Deep Learning in the Cloud for Image Classification and Object Recognition with Convolutional Neural Networks using MATLAB
Afternoon | 14:30 - 18:30
Deep learning is a machine learning technique that teaches computers to do what comes naturally to humans: learn by example. Deep learning is a key technology behind driverless cars, enabling them to recognize a stop sign, or to distinguish a pedestrian from a lamppost. It is the key to voice control in consumer devices like phones, tablets, TVs, and hands-free speakers.
Most deep learning methods use neural network architectures, which is why deep learning models are often referred to as deep neural networks. One of the most popular types of deep neural networks is known as Convolutional Neural Networks (CNNs or ConvNets). A CNN convolves learned features with input data, and uses 2D convolutional layers, making this architecture well suited to processing 2D data, such as images.
CNNs eliminate the need for manual feature extraction, so you do not need to identify features used to classify images. The CNN works by extracting features directly from images. The relevant features are not pretrained; they are learned while the network trains on a collection of images. This automated feature extraction makes deep learning models highly accurate for computer vision tasks such as object classification.
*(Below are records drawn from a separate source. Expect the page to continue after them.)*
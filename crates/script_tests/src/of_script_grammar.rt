//! Texts with their scripts or refusals, worked out by hand. More refusals stand in `script_judge`.
ghost use Rattle.std.specs.Prelude.{Some};
ghost use Rattle.literal_order.specs.Values.{IsWritten};

use crate::equals::{equal, holds};
use fx_model::{Direction, ExprId, Node, Rounding};
use literal::read;
use literal_order::Written;
use script_claims::Claim;
use script_grammar::{ParseStop, Script, parse};
use script_judge::{Refusal, RefusalKind};
use std::alloc::Global;
use std::process::Abort;
use std::test::Fail;

// How many nodes a script has, how many hypotheses and goals, and how many hints that rewrite,
// liken, cut and halve.
type Sizes = (u16, (usize, usize), (usize, usize), (usize, usize));

fn sizes(script: &Script<'_>) -> Sizes {
    let list = script.hints();
    let claims = (script.hypotheses().len(), script.goals().len());
    let pairs = (list.rewrites.as_slice().len(), list.likes.as_slice().len());
    let splits = (list.cuts.as_slice().len(), list.halves.as_slice().len());
    (script.nodes().len(), claims, pairs, splits)
}

// Whether the text spells a script of these sizes.
fn has_sizes(alloc: Global, text: &[u8], wanted: Sizes) -> bool {
    match parse(alloc, text) {
        Ok(script) => sizes(&script) == wanted,
        Err(_) => false,
    }
}

#[test]
fn formulas_have_their_parts(rt: HostRuntime) {
    const ROWS: &[(&[u8], Sizes)] = &[
        (
            b"{ x in [1,2] /\\ y in [3,5] -> x * y in ? }",
            (3, (2, 1), (0, 0), (0, 0)),
        ),
        (b"{ x in ? /\\ y in ? }", (2, (0, 2), (0, 0), (0, 0))),
        (
            b"{ x in [0,1] -> @FIX(x,-3) /\\ x >= 0 -> |x| <= 1 }",
            (2, (3, 1), (0, 0), (0, 0)),
        ),
        (b"{ 0.5 + 0.50 - 1b-1 in ? }", (4, (0, 1), (0, 0), (0, 0))),
    ];
    for (text, wanted) in ROWS {
        holds(&rt, *text, has_sizes(rt.alloc(), *text, *wanted));
    }
}

#[test]
fn definitions_have_their_parts(rt: HostRuntime) {
    const ROWS: &[(&[u8], Sizes)] = &[
        (
            b"@rnd = fixed<-4,dn>; y = rnd(x); { x in [0,1] -> y - x in ? }",
            (3, (1, 1), (0, 0), (0, 0)),
        ),
        (
            b"@q = fixed<-15,dn>; x = q(xx); y q= x * x; My = x * x; { xx in [0,1] -> y - My in ? }",
            (5, (1, 1), (0, 0), (0, 0)),
        ),
    ];
    for (text, wanted) in ROWS {
        holds(&rt, *text, has_sizes(rt.alloc(), *text, *wanted));
    }
}

#[test]
fn hints_have_their_parts(rt: HostRuntime) {
    const ROWS: &[(&[u8], Sizes)] = &[
        (
            b"{ x in [0,1] -> x * (1 - x) in [0,0.3] } x * (1 - x) $ x;",
            (4, (1, 1), (0, 0), (0, 1)),
        ),
        (
            b"{ x in [0,1] -> x in ? } $ x in 4; $ x in (0.25, 0.5); $ x;",
            (1, (1, 1), (0, 0), (3, 0)),
        ),
        (
            b"{ x in [0,1] -> y in ? } y -> x + 1 { x <> 0, x < 2 }; y ~ x;",
            (4, (1, 1), (1, 1), (0, 0)),
        ),
    ];
    for (text, wanted) in ROWS {
        holds(&rt, *text, has_sizes(rt.alloc(), *text, *wanted));
    }
}

// Whether the script has so many cases, of which the one with the number has these claims.
fn is_case(
    alloc: Global,
    script: &Script<'_>,
    count: usize,
    number: usize,
    wanted: &[Claim],
) -> Result<bool, Fail> {
    if script.case_count() != count || number >= script.case_count() {
        return Ok(false);
    }
    let case = script.case(alloc, number)?;
    Ok(case.as_slice() == wanted)
}

// Whether the text spells such a script.
fn has_case(
    alloc: Global,
    text: &[u8],
    count: usize,
    number: usize,
    wanted: &[Claim],
) -> Result<bool, Fail> {
    match parse(alloc, text) {
        Ok(script) => is_case(alloc, &script, count, number, wanted),
        Err(_) => Ok(false),
    }
}

fn case_is(
    rt: &(impl Abort + AllocGlobal),
    text: &[u8],
    count: usize,
    number: usize,
    wanted: &[Claim],
) -> Result<(), Fail> {
    holds(rt, text, has_case(rt.alloc(), text, count, number, wanted)?);
    Ok(())
}

// The bound that digits write.
fn bound(rt: &impl Abort, digits: &str) -> Written
    ensures { IsWritten (Some result) }
{
    Written {
        literal: read(digits).expect(rt, "a literal"),
        negative: false,
    }
}

#[test]
fn hypotheses_have_their_cases(rt: HostRuntime) -> Result<(), Fail> {
    let x = ExprId(0);
    let one = bound(&rt, "1");
    let two = bound(&rt, "2");
    let first = Claim::Bounded(x, Some(one), Some(two));
    let above = Claim::Above(ExprId(1), one);
    let below = Claim::Below(x, two);
    let none = b"{ x in ? }";
    case_is(&rt, none, 1, 0, &[])?;
    let conjunctions = b"{ x in [1,2] /\\ not y <= 1 \\/ not x >= 2 -> x in ? }";
    case_is(&rt, conjunctions, 2, 0, &[first, above])?;
    case_is(&rt, conjunctions, 2, 1, &[below])?;
    let parts =
        b"{ x in [1,2] \\/ not y <= 1 -> not x >= 2 -> not x >= 2 \\/ x in [1,2] -> x in ? }";
    case_is(&rt, parts, 4, 0, &[first, below, below])?;
    case_is(&rt, parts, 4, 1, &[first, below, first])?;
    case_is(&rt, parts, 4, 2, &[above, below, below])?;
    case_is(&rt, parts, 4, 3, &[above, below, first])
}

// Whether the node with the number is this one.
fn has_node(script: &Script<'_>, number: u16, node: Node) -> bool {
    script.nodes().get(ExprId(number)) == Some(node)
}

// Whether the first nodes of the script are these, and its first goal this.
fn has_nodes(script: &Script<'_>, nodes: [Node; 4], goal: Claim) -> bool {
    let [first, second, third, fourth] = nodes;
    has_node(script, 0, first)
        && has_node(script, 1, second)
        && has_node(script, 2, third)
        && has_node(script, 3, fourth)
        && script.goals().first() == Some(&goal)
}

// Whether the text spells such a script.
fn spells_nodes(alloc: Global, text: &[u8], nodes: [Node; 4], goal: Claim) -> bool {
    match parse(alloc, text) {
        Ok(script) => has_nodes(&script, nodes, goal),
        Err(_) => false,
    }
}

#[test]
fn operations_of_a_definition_are_rounded(rt: HostRuntime) {
    let text = b"@q = fixed<-15,dn>; x = q(xx); y q= x * x; { xx in [0,1] -> y in ? }";
    let rounding = Rounding {
        lsb: -15,
        dir: Direction::Dn,
    };
    let nodes = [
        Node::Var(0),
        Node::Round(rounding, ExprId(0)),
        Node::Mul(ExprId(1), ExprId(1)),
        Node::Round(rounding, ExprId(2)),
    ];
    let goal = Claim::Asked(ExprId(3));
    holds(&rt, text, spells_nodes(rt.alloc(), text, nodes, goal));
}

// The refusal of a text.
fn refusal(alloc: Global, text: &[u8]) -> Option<Refusal> {
    match parse(alloc, text) {
        Err(ParseStop::Refused(found)) => Some(found),
        _ => None,
    }
}

#[test]
fn other_texts_are_refused(rt: HostRuntime) {
    const ROWS: &[(&[u8], RefusalKind, u32)] = &[
        (b"{ x in [1,2", RefusalKind::Unexpected, 11),
        (b"{ x in [2,1] -> x in ? }", RefusalKind::BadBound, 10),
        (b"x = 1; x = 2; { x in ? }", RefusalKind::NameUsed, 7),
    ];
    for (text, kind, at) in ROWS {
        let wanted = Refusal {
            kind: *kind,
            at: *at,
        };
        equal(&rt, *text, refusal(rt.alloc(), *text), Some(wanted));
    }
}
During the workshop, you will learn how to develop deep learning applications for computer vision using practical examples (though the learnings can be applied to other applications such as signal processing, speech recognition, etc.) that run either in your computer, your GPU, a cluster or in the cloud. Moreover, you will learn how to auto-generate portable and optimized CUDA code from the MATLAB algorithm, which can then be cross-compiled and deployed to an embedded GPU.
·Short intro to deep learning
·Understanding Convolutional Neural Networks
·Examples and exercises include:
·Importing and managing large data sets
·Image Classification Using pre-trained Networks
·Training Deep Neural Networks from scratch
.Transfer Learning to classify new objects
·Importing models from 3p software (i.e. Caffe)
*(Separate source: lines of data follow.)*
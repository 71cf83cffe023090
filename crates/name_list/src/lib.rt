//! Lists of names: one name a line, or where a list is at fault.
#![tactic(auto)]

mod fault;
mod laws;
mod lines;
mod names;

pub use fault::{ListFault, ListKind, ListStop};
pub use laws::{fronts_decide, list_faults_are_one};
pub use names::read_list;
·Solving regression problems with Convolutional Neural Networks
·Locating and classifying objects in images and video
·Generating portable and optimized CUDA code
·Laptop with the following requirements (Windows, Linux or Mac): www.mathworks.com/support/sysreq.html
·Internet Ethernet connection required
·MATLAB and Toolboxes will be provided so that you can download and install them prior to the workshop
·Some MATLAB experience is good to have. Going through this free 2-hour MATLAB On-Ramp training is highly recommended:
https://matlabacademy.mathworks.com/R2017a/portal.html?course=gettingstarted (requires creating a free MathWorks Account).
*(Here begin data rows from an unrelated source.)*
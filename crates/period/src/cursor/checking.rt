// The period check: every word where it belongs, and within its limits.
ghost use Rattle.std.specs.Prelude.{◌≡◌, true, false};
ghost use Rattle.period.specs.Along.{Passes, Checked, Closes, amounts};
ghost use Rattle.period.specs.Reader.{rating, demands, entry, later};
ghost use Rattle.period.specs.declared.refusals.Part.TheVariants.{Closing};

use super::Cursor;
use crate::kinds::{Field, Kind};
use crate::label::Label;
use crate::refusals::{Part, PeriodRefusal};
use crate::slot::*;
use crate::words::{is_of, value};

impl Cursor<'_> {
    // The battery's words. The highest charge must be no lower than the lowest.
    fn rating(&mut self) -> Result<(), PeriodRefusal>
        ensures { Passes rating self.old result self.new }
    {
        let lowest = self.word(LOWEST)?;
        self.word(Slot {
            part: Part::Battery,
            label: Label::Field(Field::Highest),
            least: lowest,
            most: MOST_CHARGE,
        })?;
        self.word(MOST)?;
        self.word(CHARGING)?;
        self.word(DISCHARGING)?;
        Ok(())
    }

    // The first half-hour, which must have both tariffs.
    fn first_half_hour(&mut self, types: u32) -> Result<(), PeriodRefusal>
        ensures { Passes (entry true types) self.old result self.new }
    {
        self.word(IMPORT)?;
        self.word(EXPORT)?;
        self.amounts(types)
    }

    // A later half-hour, which may leave its tariffs out.
    fn later_half_hour(&mut self, types: u32) -> Result<(), PeriodRefusal>
        ensures { Passes (entry false types) self.old result self.new }
    {
        self.take(IMPORT);
        self.take(EXPORT);
        self.amounts(types)
    }

    // The amounts that every half-hour has: a demand for each type, and its generation.
    fn amounts(&mut self, types: u32) -> Result<(), PeriodRefusal>
        ensures { Passes (amounts types) self.old result self.new }
    {
        self.demands(types)?;
        self.word(GENERATION)?;
        Ok(())
    }

    // A demand for each type.
    fn demands(&mut self, types: u32) -> Result<(), PeriodRefusal>
        ensures { Passes (demands types) self.old result self.new }
    {
        for _ in 0..types {
            self.word(DEMAND)?;
        }
        Ok(())
    }

    // So many half-hours after the first.
    fn later(&mut self, count: u32, types: u32) -> Result<(), PeriodRefusal>
        ensures { Passes (later count types) self.old result self.new }
    {
        for _ in 0..count {
            self.later_half_hour(types)?;
        }
        Ok(())
    }

    // The closing word, whose value is its own place, and nothing behind it.
    fn close(&self) -> Result<(), PeriodRefusal>
        ensures { Closes self.now result }
    {
        let [last, rest @ ..] = self.rest else {
            return Err(closing(self.place));
        };
        if !is_of(*last, Kind::Closing) || value(*last) as usize != self.place {
            return Err(closing(self.place));
        }
        if !rest.is_empty() {
            return Err(closing(self.place + 1));
        }
        Ok(())
    }
}

// Whether words write a period down, or the first that offends.
pub(crate) fn check(words: &[u32]) -> Result<(), PeriodRefusal>
    ensures { Checked words.now result }
{
    let mut cursor = Cursor::over(words);
    let half_hours = cursor.word(LENGTH)?;
    let types = cursor.word(TYPES)?;
    cursor.rating()?;
    cursor.first_half_hour(types)?;
    cursor.later(half_hours - 1, types)?;
    cursor.close()
}

fn closing(place: usize) -> PeriodRefusal
    ensures { result ≡ record { part = Closing; place = place } }
{
    PeriodRefusal {
        part: Part::Closing,
        place,
    }
}
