// Reading one word.
ghost use Rattle.period.specs.Along.{At, Hands, Answers, ReadInSlot, TakenInSlot, maybe_in, wanted};

use super::Cursor;
use crate::refusals::PeriodRefusal;
use crate::slot::Slot;

impl<'a> Cursor<'a> {
    // Before the first word.
    pub(crate) fn over(words: &'a [u32]) -> Cursor<'a>
        ensures { At result words.now 0 }
    {
        Cursor {
            rest: words,
            place: 0,
        }
    }

    // The value of the next word, which is read if it is the one that is wanted.
    pub(crate) fn take(&mut self, slot: Slot) -> Option<u32>
        ensures within { TakenInSlot slot result }
        ensures reads { Hands (maybe_in slot) self.old result self.new }
    {
        let [head, rest @ ..] = self.rest else {
            return None;
        };
        let value = slot.value_in(*head)?;
        self.rest = rest;
        self.place += 1;
        Some(value)
    }

    // The value of the next word, which must be the one that is wanted.
    pub(crate) fn word(&mut self, slot: Slot) -> Result<u32, PeriodRefusal>
        ensures within { ReadInSlot slot result }
        ensures reads { Answers (wanted slot) self.old result self.new }
    {
        self.take(slot).ok_or(PeriodRefusal {
            part: slot.part,
            place: self.place,
        })
    }
}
·Source code will be made available during the workshop
·During the workshop, you will be using GPUs available in Amazon P2 instances. However, you are required to bring your own laptop.
MathWorks will provide by email a certificate of attendance the week after the event.
Data Scientists, Data Analysts, Engineers, or anyone interested in developing deep learning applications.
Some exposure, or basic understanding of neural networks is ideal, but not required.
Prior experience with or familiarity with MATLAB is preferred or good to have, as MATLAB is used for all examples and exercises. However, a 2-hour free online training course is available to get you started or refresh the most important concepts (see requirements section).
Bio of the instructor:
Lucas García is a Senior Application Engineer at MathWorks specialized in Machine Learning and Big Data Analytics. A mathematician with more than 10 years of experience in the computer software industry and research, he works with MATLAB users across industries (aerospace, energy and utilities, oil and gas, industrial automation, robotics, etc.) to help them tackle problems in areas such as data analytics and predictive maintenance. His research is focused on how neural networks can be used to solve combinatorial optimization problems.